Die Redner sind oft betörende Volksaufwiegler und Agitatoren. Diese von Bismarck vorgetragene These im Kampf gegen die Sozialdemokratie definiert Rhetorik als eine Kunst, die affektiv ans Unbewusste appelliert. Kant sagte, dass Rednerkunst die Kunst ist, sich der Schwächen der Menschen zu bedienen, sie ist laut ihm gar keiner Achtung würdig. Nach Goethe ist sie die Hohe Schule des „Verstellens“, eine Disziplin, die, wie Kant behauptete, aufs „Überschleichen“ abzielt, eine Beförderin des „Aufwieglertums“. Sie stellt eine trickreiche Technik dar, mit deren Hilfe man sich gewisse Vorteile im bürgerlichen Leben erarbeiten kann. Ein Vorwurf, den man immer wieder an die Rhetorik richtet, ist der, dass sie mit Hilfe der Schönrednerei und der Eloquenz im Dienst der Agitation steht, und aufs Argument verzichtet.
Dieser Vorwurf ist falsch. Er beruht auf zwei Irrtümern: Auf der Meinung, Rhetorik sei nur eine Anleitung zum guten Reden, und auf dem Glauben, dass sie sich nur auf die Stil-Kunst beschränkt.
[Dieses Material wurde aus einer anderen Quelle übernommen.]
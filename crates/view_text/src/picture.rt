//! What a picture of a section shows, before it is laid out.
ghost use Rattle.std.specs.Prelude.{◌≡◌};
ghost use Rattle.view_text.specs.Places.{is_block};

/// What a box stands for.
#[derive(Clone, Copy, Debug, PartialEq, Eq)]
pub enum Kind {
    Job,
    /// A job of the longest chain.
    Chain,
    /// A schedule that was refused.
    Refused,
}

/// A box.
#[derive(Drop)]
pub struct Node {
    /// The job's number in the script, or the place of the refused schedule among those of the section, from 1.
    pub number: u32,
    pub kind: Kind,
    /// From 1.
    pub level: u32,
    pub lines: Vec<String>,
}

/// Why an arrow is drawn.
#[derive(Clone, Copy, Debug, PartialEq, Eq)]
pub enum Tie {
    /// The later job has the earlier one among its dependencies.
    Depends,
    /// The same, and both are jobs of the longest chain, one after the other.
    DependsOnChain,
    /// The script had completed the earlier job before it scheduled the later one.
    Completed,
    /// The same, and both are jobs of the longest chain.
    CompletedOnChain,
    /// The job blocks the schedule, which is refused.
    Blocks,
}

impl Tie {
    pub(crate) fn is_block(self) -> bool
        ensures { result ≡ is_block self }
    {
        match self {
            Tie::Blocks => true,
            Tie::Depends | Tie::DependsOnChain | Tie::Completed | Tie::CompletedOnChain => false,
        }
    }
}

/// An arrow from a box to another one. A box goes by its kind and its number.
#[derive(Drop)]
pub struct Link {
    /// The number of a job.
    pub from: u32,
    /// The number of a job, and for [`Tie::Blocks`] that of a refused schedule.
    pub to: u32,
    pub tie: Tie,
    /// The containers for which the one waits for the other.
    pub label: String,
}

/// A section.
#[derive(Drop)]
pub struct Picture {
    /// From 1.
    pub number: u32,
    pub head: String,
    /// The greatest level of a box.
    pub levels: u32,
    /// The jobs, in the order of their numbers, and then the refused schedules.
    pub nodes: Vec<Node>,
    pub links: Vec<Link>,
}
Rhetorik ist vielmehr eine Wissenschaft deren Vertreter analysieren, wie Vernunft sprachmächtig und Denken praktisch wird.
So betrachtet ist Rhetorik eine Disziplin, deren Hauptaugenmerk auf der parteilichen Verdeutlichung von Tatbeständen, die am Beginn vage, in einem langen, von Rede und Gegenrede, von Einwurf und Widerspruch geprägten Disput langsam anschaulich werden. Nicht die Ästhetik, sondern die Wirkung ist wichtig. Man muss auch darauf achten, wo was angebracht ist. (So kann man zum Beispiel unter Bauern nicht genauso reden wie unter Akademikern.)
Häufig gestellte Fragen
Was ist der Ursprung des Wortes Propaganda?
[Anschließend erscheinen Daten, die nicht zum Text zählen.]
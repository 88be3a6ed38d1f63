#![tactic(auto)]

ghost use Rattle.cases.specs.Hex.{digit_of, hex_bytes};
ghost use Rattle.cases.specs.Words.{digits_text, times_numeral, times_of, times_text};
ghost use Rattle.std.specs.List.{repeat};
ghost use Rattle.std.specs.Prelude.{IfOk, IsOk, OnOk, ◌++◌, ◌<◌, ◌≡◌, ◌^◌, ◌↔◌};
ghost use Rattle.std.specs.Str.Parse.{ExplainsUnsignedError, IsNumeral};

use std::alloc::AllocError;
use std::num::ParseIntError;

fn digit(letter: u8) -> u8
    ensures value { result ≡ digit_of letter }
    ensures small { result < 16 }
{
    match letter {
        b'0'..=b'9' => letter - b'0',
        b'a'..=b'f' => letter - b'a' + 10,
        _ => 0,
    }
}

// Adds the bytes of pairs of digits, where any other letter counts as 0 and an odd last one is dropped.
fn push_hex(bytes: &mut Vec<u8>, digits: &[u8]) -> Result<(), AllocError>
    ensures { OnOk result (bytes.new.items ≡ bytes.old.items ++ hex_bytes digits.now) }
{
    for pair in digits.chunks_exact(2) {
        bytes.push(digit(pair[0]) * 16 + digit(pair[1]))?;
    }
    Ok(())
}

// A word of a case line that stands for bytes: `00ff*3` stands for `00ff` three times.
#[derive(Clone, Copy)]
pub struct Word<'a> {
    pub digits: &'a str,
    pub times: u16,
}

impl Word<'_> {
    // Reads a word. Without a `*` its bytes come once.
    pub fn parse(word: &str) -> Result<Word<'_>, ParseIntError>
        ensures digits { IfOk result (λ w. w.digits.now ≡ digits_text word.now) }
        ensures times { IfOk result (λ w. w.times ≡ times_of word.now) }
        ensures ok { IsOk result ↔ (IsNumeral 10 (times_numeral word.now) × (times_of word.now < 2 ^ 16)) }
        ensures err { ExplainsUnsignedError 10 (times_text word.now) result }
    {
        let (digits, times) = word.split_once('*').unwrap_or((word, "1"));
        let times = times.parse()?;
        Ok(Word { digits, times })
    }

    // Adds the word's bytes.
    pub fn push_to(&self, bytes: &mut Vec<u8>) -> Result<(), AllocError>
        ensures { OnOk result (bytes.new.items ≡ bytes.old.items ++ repeat self.now.times (hex_bytes self.now.digits.now)) }
    {
        for _ in 0..self.times {
            push_hex(bytes, self.digits.as_bytes())?;
        }
        Ok(())
    }
}

#[cfg(test)]
mod tests {
    use super::*;
    use std::test::Fail;

    // No clause says that there is memory: each of these words is read and adds its bytes.
    #[test]
    fn adds_the_bytes_of_words(rt: HostRuntime) -> Result<(), Fail> {
        for (word, want) in [
            ("00ff*3", b"\x00\xff\x00\xff\x00\xff".as_slice()),
            ("0a1b", b"\x0a\x1b".as_slice()),
            ("*3", b"".as_slice()),
            ("0gAB", b"\x00\x00".as_slice()),
            ("abc", b"\xab".as_slice()),
        ] {
            let mut bytes = Vec::new(rt.alloc());
            Word::parse(word)?.push_to(&mut bytes)?;
            assert_eq!(rt; bytes.as_slice(), want, "of {word}");
        }
        Ok(())
    }
}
Das Wort Propaganda stammt ursprünglich von „Propaganda fidei“, einem Begriff, der von den Jesuiten geprägt wurde. Sie wollten damit das Wort Gottes, besonders in der Neuen Welt, verbreiten.
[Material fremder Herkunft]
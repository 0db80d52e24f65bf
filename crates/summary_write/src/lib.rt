// The summary of a map built, and brought up to date where the map has changed (document 02, request (j)).
#![tactic(auto)]

ghost use Rattle.std.specs.Prelude.{◌≡◌, Bool, List, ℕ, ◌+◌, ◌*◌, ◌<◌, ◌≤◌, length};
ghost use Rattle.map_blocks.specs.Words.{bit};
ghost use Rattle.summary_groups.specs.Groups.{power, group_of};
ghost use Rattle.summary_groups.specs.Places.{Sited};
ghost use Rattle.summary.specs.Summary.{usable, group_in, own_summary, Matched};
ghost use Rattle.summary.specs.Updates.{updated_summary};
ghost use Rattle.summary_groups.specs.declared.Group.{Group as Told};
ghost use Rattle.summary.specs.Walks.{with_group, halves_of, Builds, Decides};
ghost use Rattle.summary_write.specs.Climbs.{Joins, Stores, Rises, Stands, Comes};

use summary::{free_word, read, words_of};
use summary_groups::{Group, joined, word_group};

// Stores group g of a summary, which C lends as numbers in a row.
fn store(summary: &mut [u32], g: usize, group: Group)
    requires { (g ≤ 16384) × (3 * g + 2 < length summary.old) }
    ensures { summary.new ≡ with_group summary.old g group }
{
    let i = 3 * g;
    summary[i] = group.head;
    summary[i + 1] = group.tail;
    summary[i + 2] = group.longest;
}

// Stores group g of a summary as its word tells, of which w are the free blocks. The words of a full card have none, and need
// no call.
fn store_word(summary: &mut [u32], g: usize, w: u64)
    requires { (g ≤ 16384) × (3 * g + 2 < length summary.old) }
    ensures { summary.new ≡ with_group summary.old g (group_of (bit w) 0 64) }
{
    if w == 0 {
        store(
            summary,
            g,
            Group {
                head: 0,
                tail: 0,
                longest: 0,
            },
        );
        return;
    }
    store(summary, g, word_group(w));
}

// Stores group g as its two halves tell, of half words each.
fn store_joined(summary: &mut [u32], g: usize, half: usize)
    requires { (g ≤ 4096) × (half ≤ 4096) × (3 * (2 * g + 2) + 2 < length summary.old) }
    ensures { summary.new ≡ with_group summary.old g (halves_of summary.old g half) }
{
    let a = read(summary, 2 * g + 1);
    let b = read(summary, 2 * g + 2);
    store(summary, g, joined(a, b, 64 * (half as u32)));
}

// Stores the groups of the words lo to hi - 1, each as its word tells: that of word i is group leaf + i.
fn store_leaves(map: &[u64], n: u32, summary: &mut [u32], leaf: usize, lo: usize, hi: usize)
    requires { Matched map.now n summary.old × (leaf + 1 ≡ power (length map.now)) × (hi ≤ leaf + 1)
        × (lo ≤ hi) }
    ensures { (aim : ℕ → Told) → ((i : ℕ) → lo ≤ i → i < hi → group_of (usable map.now n) (64 * i) 64 ≡ aim (leaf + i))
        → Stores aim summary.old summary.new (leaf + lo) (leaf + hi) }
{
    for i in lo..hi {
        store_word(summary, leaf + i, free_word(map, n, i));
    }
}

// Stores the groups g to stop - 1, each as its two halves tell, of half words each.
fn store_joins(summary: &mut [u32], g: usize, stop: usize, half: usize)
    requires { (stop ≤ 4096) × (half ≤ 4096) × (6 * stop + 2 < length summary.old) × (g ≤ stop) }
    ensures { (aim : ℕ → Told) → Joins aim summary.old g stop half
        → Stores aim summary.old summary.new g stop }
{
    for i in g..stop {
        store_joined(summary, i, half);
    }
}

// Stores group g of a summary. Whether it was so before.
fn restore(summary: &mut [u32], g: usize, group: Group) -> bool
    requires { (g ≤ 16384) × (3 * g + 2 < length summary.old) }
    ensures { Decides result (group_in summary.old g ≡ group)
        × (summary.new ≡ with_group summary.old g group) }
{
    let same = read(summary, g) == group;
    store(summary, g, group);
    same
}

// Stores group g, of word i alone, as its word tells. Whether it was so before.
fn restore_word(map: &[u64], n: u32, summary: &mut [u32], g: usize, i: usize) -> bool
    requires { (i ≤ 4096) × (n ≤ 64 * length map.now) × (g ≤ 16384) × (3 * g + 2 < length summary.old) }
    ensures { let x = group_of (usable map.now n) (64 * i) 64 in
        Decides result (group_in summary.old g ≡ x) × (summary.new ≡ with_group summary.old g x) }
{
    restore(summary, g, word_group(free_word(map, n, i)))
}

// Stores group g as its two halves tell, of half words each. Whether it was so before.
fn restore_joined(summary: &mut [u32], g: usize, half: usize) -> bool
    requires { (g ≤ 4096) × (half ≤ 4096) × (3 * (2 * g + 2) + 2 < length summary.old) }
    ensures { let x = halves_of summary.old g half in
        Decides result (group_in summary.old g ≡ x) × (summary.new ≡ with_group summary.old g x) }
{
    let a = read(summary, 2 * g + 1);
    let b = read(summary, 2 * g + 2);
    restore(summary, g, joined(a, b, 64 * (half as u32)))
}

// Builds the groups above group `from` anew, of size words, from their two halves: up to one that stays as it was, above which
// none changes.
fn climb(summary: &mut [u32], from: usize, size: usize)
    requires { Stands summary.old size from }
    ensures { (f : ℕ → Bool) (p lo hi : ℕ) (was : List ℕ) → Rises f p lo hi was summary.old size from
        → Comes f p lo hi was summary.new }
{
    let mut g = from;
    let mut half = size;
    while 0 < g {
        g = (g - 1) / 2;
        if restore_joined(summary, g, half) {
            return;
        }
        half = 2 * half;
    }
}

// Builds the groups above word i anew.
fn rebuild_word(map: &[u64], n: u32, summary: &mut [u32], i: usize)
    requires { Matched map.now n summary.old × (i < power (length map.now)) }
    ensures { Comes (usable map.now n) (power (length map.now)) i (i + 1) summary.old
        summary.new }
{
    let g = words_of(summary) - 1 + i;
    if restore_word(map, n, summary, g, i) {
        return;
    }
    climb(summary, g, 1);
}

// Builds the groups above the words lo to hi - 1 anew, which are two or more: level by level, up to where one group has them
// all.
fn rebuild_words(map: &[u64], n: u32, summary: &mut [u32], lo: usize, hi: usize)
    requires { Matched map.now n summary.old × (lo + 1 < hi) × (hi ≤ power (length map.now)) }
    ensures { Comes (usable map.now n) (power (length map.now)) lo hi summary.old
        summary.new }
{
    let leaf = words_of(summary) - 1;
    store_leaves(map, n, summary, leaf, lo, hi);
    let mut g = leaf + lo;
    let mut stop = leaf + hi;
    let mut half: usize = 1;
    while (g - 1) / 2 + 1 < stop / 2 {
        g = (g - 1) / 2;
        stop = stop / 2;
        store_joins(summary, g, stop, half);
        half = 2 * half;
    }
    climb(summary, g, half);
}

// Builds group g, of the words first to first + size - 1, and the groups below it: each from its two halves, down to one word.
fn build_group(map: &[u64], n: u32, summary: &mut [u32], g: usize, first: usize, size: usize)
    requires { Matched map.now n summary.old × Sited (power (length map.now)) g first size }
    ensures { Builds (usable map.now n) (power (length map.now)) g summary.old
        summary.new }
{
    if size == 1 {
        store_word(summary, g, free_word(map, n, first));
        return;
    }
    let half = size / 2;
    build_group(map, n, summary, 2 * g + 1, first, half);
    build_group(map, n, summary, 2 * g + 2, first + half, half);
    store_joined(summary, g, half);
}

// The summary of a map of n blocks, built anew.
pub fn build(map: &[u64], n: u32, summary: &mut [u32])
    requires { Matched map.now n summary.old }
    ensures { summary.new ≡ own_summary map.now n }
{
    build_group(map, n, summary, 0, 0, words_of(summary));
}

// The summary after the blocks start to start + count - 1 of the map have changed: only groups above the words that hold one of
// them are built anew.
pub fn update(map: &[u64], n: u32, summary: &mut [u32], start: u32, count: u32)
    requires { Matched map.now n summary.old × (start + count ≤ 64 * length map.now) }
    ensures { summary.new ≡ updated_summary map.now n summary.old start count }
{
    if count == 0 {
        return;
    }
    let lo = (start / 64) as usize;
    let hi = ((start + count + 63) / 64) as usize;
    if lo + 1 == hi {
        rebuild_word(map, n, summary, lo);
        return;
    }
    rebuild_words(map, n, summary, lo, hi);
}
Wie betrachtet der Text das Verhältnis von Rednern zur Propaganda?
Der Text unterscheidet zwischen Reden, die von Einzelfällen ausgehen und eine breite Masse erreichen wollen, Reden an die Öffentlichkeit, die sich an Einzelne und deren Vernunft richten, und Reden von Propagandisten, die ein Massenerlebnis erzeugen wollen, unabhängig vom Anlass.
Wie unterschieden sich die Reden in der Antike von moderner Propaganda?
Redner in der Antike argumentierten hauptsächlich, appellierten an die Vernunft der Zuhörer und fixierten ihre Reden oft schriftlich. Moderne Propaganda hingegen strebt nach der Auslöschung von Argumenten und der Erzeugung emotionaler Zustände, wobei oft mit Symbolgestalten und Schwarz-Weiß-Malerei gearbeitet wird.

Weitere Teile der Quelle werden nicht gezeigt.